*TASK INSTRUCTIONS*
Word for word, retype the entire listing.

ENTRIES SHOWN section start

// What a person reads of a path up to the trust anchor.

use crate::configurations::{Known, circle_in};
use crate::reading::{belongs, read_at, read_of};
use chain_check::{Verdict, check_chain};
use chain_notes::{Asked, explain_verdict};
use entity_id::EntityId;
use entity_statement::{SignedStatement, Statement};
use fed_base::{Duplicate, OpensLedgers, Plain, Seq, Steps, Text};
use plain_notes::{Notes, Sentence};
use resolve_round::{Ask, ResolveRequest, Search, Trace};
use std::alloc::Global;

// The most statements of superiors in a chain.
const DEPTH: u64 = 8;

// Says what failed on a path up to the trust anchor, that of the anchor's statement which was got last. It may be valid where the search
// ended at its bound before this path was judged.
pub(crate) fn explain_path<R: OpensLedgers>(
    rt: &R,
    alloc: Global,
    request: &ResolveRequest,
    trace: &Trace,
    search: &Search,
    configurations: &[Known],
    notes: &mut Notes,
) {
    let Some(chain) = last_chain(alloc, request, search) else {
        notes.say(no_path_sentence(alloc, request, configurations));
        return;
    };
    let mut steps = Steps {
        ledger: Plain::new(rt),
    };
    let anchor = &request.anchor;
    let checked = check_chain(alloc, &chain, anchor, &trace.keys, trace.moment, &mut steps);
    let Ok(verdict) = checked else {
        return;
    };
    let asked = Asked {
        anchor,
        keys: &trace.keys,
        moment: trace.moment,
    };
    let told: &[u8] = match &verdict {
        Verdict::Valid(_) => b"the search ended before it judged a path that is valid:",
        Verdict::Refused { .. } => b"a path up to the trust anchor is refused:",
    };
    notes.say(path_sentence(alloc, told, chain.as_slice()));
    explain_verdict(alloc, &chain, &asked, &verdict, notes);
}

// That no path came up to the trust anchor, and what of hints is seen to be the cause.
fn no_path_sentence(alloc: Global, request: &ResolveRequest, configurations: &[Known]) -> Sentence {
    let about = Sentence::of(alloc, b"no path came up to ").and(request.anchor.text());
    let leaf = configurations
        .iter()
        .find(|known| known.entity == request.sub);
    match (leaf, circle_in(configurations)) {
        (Some(leaf), _) if leaf.hints.as_slice().is_empty() => about
            .and(b": ")
            .and(request.sub.text())
            .and(b" states no authority_hints"),
        (_, Some(circle)) => about
            .and(b": ")
            .and(circle.subject.text())
            .and(b" and ")
            .and(circle.superior.text())
            .and(b" hint each other"),
        _ => about,
    }
}

// The texts of such a path, from the leaf's configuration up.
fn last_chain(alloc: Global, request: &ResolveRequest, search: &Search) -> Option<Seq<Text>> {
    let mut chain = Seq::new(alloc);
    if has_path(alloc, request, search, &mut chain) {
        Some(chain)
    } else {
        None
    }
}

// Whether there is one, which is added.
fn has_path(
    alloc: Global,
    request: &ResolveRequest,
    search: &Search,
    chain: &mut Seq<Text>,
) -> bool {
    if !add_own(alloc, search, &request.sub, chain) {
        return false;
    }
    if request.sub == request.anchor {
        return true;
    }
    let mut down = Seq::new(alloc);
    add_down(alloc, request, search, &mut down)
        && turn(alloc, down.as_slice(), chain)
        && add_own(alloc, search, &request.anchor, chain)
}

// What stands below a statement of the path.
#[derive(Clone, Copy, Drop)]
enum Below {
    // The leaf.
    Leaf,
    // The statement at this place of the asks.
    At(usize),
    // Nothing that was got, or memory was wanting.
    Nothing,
}

// Adds the statements of the path about others, from the anchor's down, and whether they end at the leaf.
fn add_down(
    alloc: Global,
    request: &ResolveRequest,
    search: &Search,
    down: &mut Seq<Text>,
) -> bool {
    let mut below = last_by(alloc, search, &request.anchor);
    for _ in 0..DEPTH {
        match below {
            Below::At(at) => below = add_at(alloc, request, search, at, down),
            Below::Leaf => return true,
            Below::Nothing => return false,
        }
    }
    matches!(below, Below::Leaf)
}

// Adds the statement at a place of the asks, and says what stands below it.
fn add_at(
    alloc: Global,
    request: &ResolveRequest,
    search: &Search,
    at: usize,
    down: &mut Seq<Text>,
) -> Below {
    let Some(ask) = search.asks.as_slice().get(at) else {
        return Below::Nothing;
    };
    match read_of(alloc, ask) {
        Some(signed) => {
            let below = add_signed(alloc, request, search, &signed, down);
            drop(signed);
            below
        }
        None => Below::Nothing,
    }
}

fn add_signed(
    alloc: Global,
    request: &ResolveRequest,
    search: &Search,
    signed: &SignedStatement,
    down: &mut Seq<Text>,
) -> Below {
    if !add(alloc, &signed.compact.whole, down) {
        return Below::Nothing;
    }
    if signed.statement.sub == request.sub {
        return Below::Leaf;
    }
    first_by(alloc, search, &signed.statement.sub)
}

// Adds the texts in the other order.
fn turn(alloc: Global, down: &[Text], chain: &mut Seq<Text>) -> bool {
    for text in down.iter().rev() {
        if !add(alloc, text, chain) {
            return false;
        }
    }
    true
}

// Adds a text, where memory suffices.
fn add(alloc: Global, text: &Text, chain: &mut Seq<Text>) -> bool {
    match text.copy(alloc) {
        Ok(text) => chain.push(text).is_ok(),
        Err(_) => false,
    }
}

// Adds the text of an entity's configuration.
fn add_own(alloc: Global, search: &Search, entity: &EntityId, chain: &mut Seq<Text>) -> bool {
    let Ok(url) = entity.well_known(alloc) else {
        return false;
    };
    match read_at(alloc, search, &url) {
        Some(signed) => {
            let is_added = signed.statement.sub == *entity
                && add(alloc, &signed.compact.whole, chain);
            drop(signed);
            is_added
        }
        None => false,
    }
}

// The statement about another that was got of the entity first.
fn first_by(alloc: Global, search: &Search, entity: &EntityId) -> Below {
    for (at, ask) in search.asks.as_slice().iter().enumerate() {
        if is_by(alloc, search, ask, entity) {
            return Below::At(at);
        }
    }
    Below::Nothing
}

// The one that was got last.
fn last_by(alloc: Global, search: &Search, entity: &EntityId) -> Below {
    let mut found = Below::Nothing;
    for (at, ask) in search.asks.as_slice().iter().enumerate() {
        if is_by(alloc, search, ask, entity) {
            found = Below::At(at);
        }
    }
    found
}

// Whether a statement that was got there is the entity's about another, and belongs there.
fn is_about_another(
    alloc: Global,
    search: &Search,
    ask: &Ask,
    statement: &Statement,
    entity: &EntityId,
) -> bool {
    statement.iss == *entity && statement.sub != *entity && belongs(alloc, search, ask, statement)
}

// Whether a statement of the entity about another was got there, where it belongs.
fn is_by(alloc: Global, search: &Search, ask: &Ask, entity: &EntityId) -> bool {
    match read_of(alloc, ask) {
        Some(signed) => {
            let is_by = is_about_another(alloc, search, ask, &signed.statement, entity);
            drop(signed);
            is_by
        }
        None => false,
    }
}

// What is told of a path, and the path: who issued the texts of its chain, but for the configuration at its end.
fn path_sentence(alloc: Global, told: &[u8], chain: &[Text]) -> Sentence {
    let mut sentence = Sentence::of(alloc, told);
    for (at, text) in chain.iter().enumerate() {
        if at == 0 || at.saturating_add(1) < chain.len() {
            sentence = with_issuer(alloc, sentence, text);
        }
    }
    sentence
}

fn with_issuer(alloc: Global, sentence: Sentence, text: &Text) -> Sentence {
    match SignedStatement::read(alloc, text.as_slice()) {
        Ok(Some(signed)) => {
            let with_issuer = sentence.and(b" ").and(signed.statement.iss.text());
            drop(signed);
            with_issuer
        }
        Ok(None) | Err(_) => sentence,
    }
}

ENTRIES SHOWN section end

*WRITTEN RESPONSE*
// What a person reads of a path up to the trust anchor.

use crate::configurations::{Known, circle_in};
use crate::reading::{belongs, read_at, read_of};
use chain_check::{Verdict, check_chain};
use chain_notes::{Asked, explain_verdict};
use entity_id::EntityId;
use entity_statement::{SignedStatement, Statement};
use fed_base::{Duplicate, OpensLedgers, Plain, Seq, Steps, Text};
use plain_notes::{Notes, Sentence};
use resolve_round::{Ask, ResolveRequest, Search, Trace};
use std::alloc::Global;

// The most statements of superiors in a chain.
const DEPTH: u64 = 8;

// Says what failed on a path up to the trust anchor, that of the anchor's statement which was got last. It may be valid where the search
// ended at its bound before this path was judged.
pub(crate) fn explain_path<R: OpensLedgers>(
    rt: &R,
    alloc: Global,
    request: &ResolveRequest,
    trace: &Trace,
    search: &Search,
    configurations: &[Known],
    notes: &mut Notes,
) {
    let Some(chain) = last_chain(alloc, request, search) else {
        notes.say(no_path_sentence(alloc, request, configurations));
        return;
    };
    let mut steps = Steps {
        ledger: Plain::new(rt),
    };
    let anchor = &request.anchor;
    let checked = check_chain(alloc, &chain, anchor, &trace.keys, trace.moment, &mut steps);
    let Ok(verdict) = checked else {
        return;
    };
    let asked = Asked {
        anchor,
        keys: &trace.keys,
        moment: trace.moment,
    };
    let told: &[u8] = match &verdict {
        Verdict::Valid(_) => b"the search ended before it judged a path that is valid:",
        Verdict::Refused { .. } => b"a path up to the trust anchor is refused:",
    };
    notes.say(path_sentence(alloc, told, chain.as_slice()));
    explain_verdict(alloc, &chain, &asked, &verdict, notes);
}

// That no path came up to the trust anchor, and what of hints is seen to be the cause.
fn no_path_sentence(alloc: Global, request: &ResolveRequest, configurations: &[Known]) -> Sentence {
    let about = Sentence::of(alloc, b"no path came up to ").and(request.anchor.text());
    let leaf = configurations
        .iter()
        .find(|known| known.entity == request.sub);
    match (leaf, circle_in(configurations)) {
        (Some(leaf), _) if leaf.hints.as_slice().is_empty() => about
            .and(b": ")
            .and(request.sub.text())
            .and(b" states no authority_hints"),
        (_, Some(circle)) => about
            .and(b": ")
            .and(circle.subject.text())
            .and(b" and ")
            .and(circle.superior.text())
            .and(b" hint each other"),
        _ => about,
    }
}

// The texts of such a path, from the leaf's configuration up.
fn last_chain(alloc: Global, request: &ResolveRequest, search: &Search) -> Option<Seq<Text>> {
    let mut chain = Seq::new(alloc);
    if has_path(alloc, request, search, &mut chain) {
        Some(chain)
    } else {
        None
    }
}

// Whether there is one, which is added.
fn has_path(
    alloc: Global,
    request: &ResolveRequest,
    search: &Search,
    chain: &mut Seq<Text>,
) -> bool {
    if !add_own(alloc, search, &request.sub, chain) {
        return false;
    }
    if request.sub == request.anchor {
        return true;
    }
    let mut down = Seq::new(alloc);
    add_down(alloc, request, search, &mut down)
        && turn(alloc, down.as_slice(), chain)
        && add_own(alloc, search, &request.anchor, chain)
}

// What stands below a statement of the path.
#[derive(Clone, Copy, Drop)]
enum Below {
    // The leaf.
    Leaf,
    // The statement at this place of the asks.
    At(usize),
    // Nothing that was got, or memory was wanting.
    Nothing,
}

// Adds the statements of the path about others, from the anchor's down, and whether they end at the leaf.
fn add_down(
    alloc: Global,
    request: &ResolveRequest,
    search: &Search,
    down: &mut Seq<Text>,
) -> bool {
    let mut below = last_by(alloc, search, &request.anchor);
    for _ in 0..DEPTH {
        match below {
            Below::At(at) => below = add_at(alloc, request, search, at, down),
            Below::Leaf => return true,
            Below::Nothing => return false,
        }
    }
    matches!(below, Below::Leaf)
}

// Adds the statement at a place of the asks, and says what stands below it.
fn add_at(
    alloc: Global,
    request: &ResolveRequest,
    search: &Search,
    at: usize,
    down: &mut Seq<Text>,
) -> Below {
    let Some(ask) = search.asks.as_slice().get(at) else {
        return Below::Nothing;
    };
    match read_of(alloc, ask) {
        Some(signed) => {
            let below = add_signed(alloc, request, search, &signed, down);
            drop(signed);
            below
        }
        None => Below::Nothing,
    }
}

fn add_signed(
    alloc: Global,
    request: &ResolveRequest,
    search: &Search,
    signed: &SignedStatement,
    down: &mut Seq<Text>,
) -> Below {
    if !add(alloc, &signed.compact.whole, down) {
        return Below::Nothing;
    }
    if signed.statement.sub == request.sub {
        return Below::Leaf;
    }
    first_by(alloc, search, &signed.statement.sub)
}

// Adds the texts in the other order.
fn turn(alloc: Global, down: &[Text], chain: &mut Seq<Text>) -> bool {
    for text in down.iter().rev() {
        if !add(alloc, text, chain) {
            return false;
        }
    }
    true
}

// Adds a text, where memory suffices.
fn add(alloc: Global, text: &Text, chain: &mut Seq<Text>) -> bool {
    match text.copy(alloc) {
        Ok(text) => chain.push(text).is_ok(),
        Err(_) => false,
    }
}

// Adds the text of an entity's configuration.
fn add_own(alloc: Global, search: &Search, entity: &EntityId, chain: &mut Seq<Text>) -> bool {
    let Ok(url) = entity.well_known(alloc) else {
        return false;
    };
    match read_at(alloc, search, &url) {
        Some(signed) => {
            let is_added = signed.statement.sub == *entity
                && add(alloc, &signed.compact.whole, chain);
            drop(signed);
            is_added
        }
        None => false,
    }
}

// The statement about another that was got of the entity first.
fn first_by(alloc: Global, search: &Search, entity: &EntityId) -> Below {
    for (at, ask) in search.asks.as_slice().iter().enumerate() {
        if is_by(alloc, search, ask, entity) {
            return Below::At(at);
        }
    }
    Below::Nothing
}

// The one that was got last.
fn last_by(alloc: Global, search: &Search, entity: &EntityId) -> Below {
    let mut found = Below::Nothing;
    for (at, ask) in search.asks.as_slice().iter().enumerate() {
        if is_by(alloc, search, ask, entity) {
            found = Below::At(at);
        }
    }
    found
}

// Whether a statement that was got there is the entity's about another, and belongs there.
fn is_about_another(
    alloc: Global,
    search: &Search,
    ask: &Ask,
    statement: &Statement,
    entity: &EntityId,
) -> bool {
    statement.iss == *entity && statement.sub != *entity && belongs(alloc, search, ask, statement)
}

// Whether a statement of the entity about another was got there, where it belongs.
fn is_by(alloc: Global, search: &Search, ask: &Ask, entity: &EntityId) -> bool {
    match read_of(alloc, ask) {
        Some(signed) => {
            let is_by = is_about_another(alloc, search, ask, &signed.statement, entity);
            drop(signed);
            is_by
        }
        None => false,
    }
}

// What is told of a path, and the path: who issued the texts of its chain, but for the configuration at its end.
fn path_sentence(alloc: Global, told: &[u8], chain: &[Text]) -> Sentence {
    let mut sentence = Sentence::of(alloc, told);
    for (at, text) in chain.iter().enumerate() {
        if at == 0 || at.saturating_add(1) < chain.len() {
            sentence = with_issuer(alloc, sentence, text);
        }
    }
    sentence
}

fn with_issuer(alloc: Global, sentence: Sentence, text: &Text) -> Sentence {
    match SignedStatement::read(alloc, text.as_slice()) {
        Ok(Some(signed)) => {
            let with_issuer = sentence.and(b" ").and(signed.statement.iss.text());
            drop(signed);
            with_issuer
        }
        Ok(None) | Err(_) => sentence,
    }
}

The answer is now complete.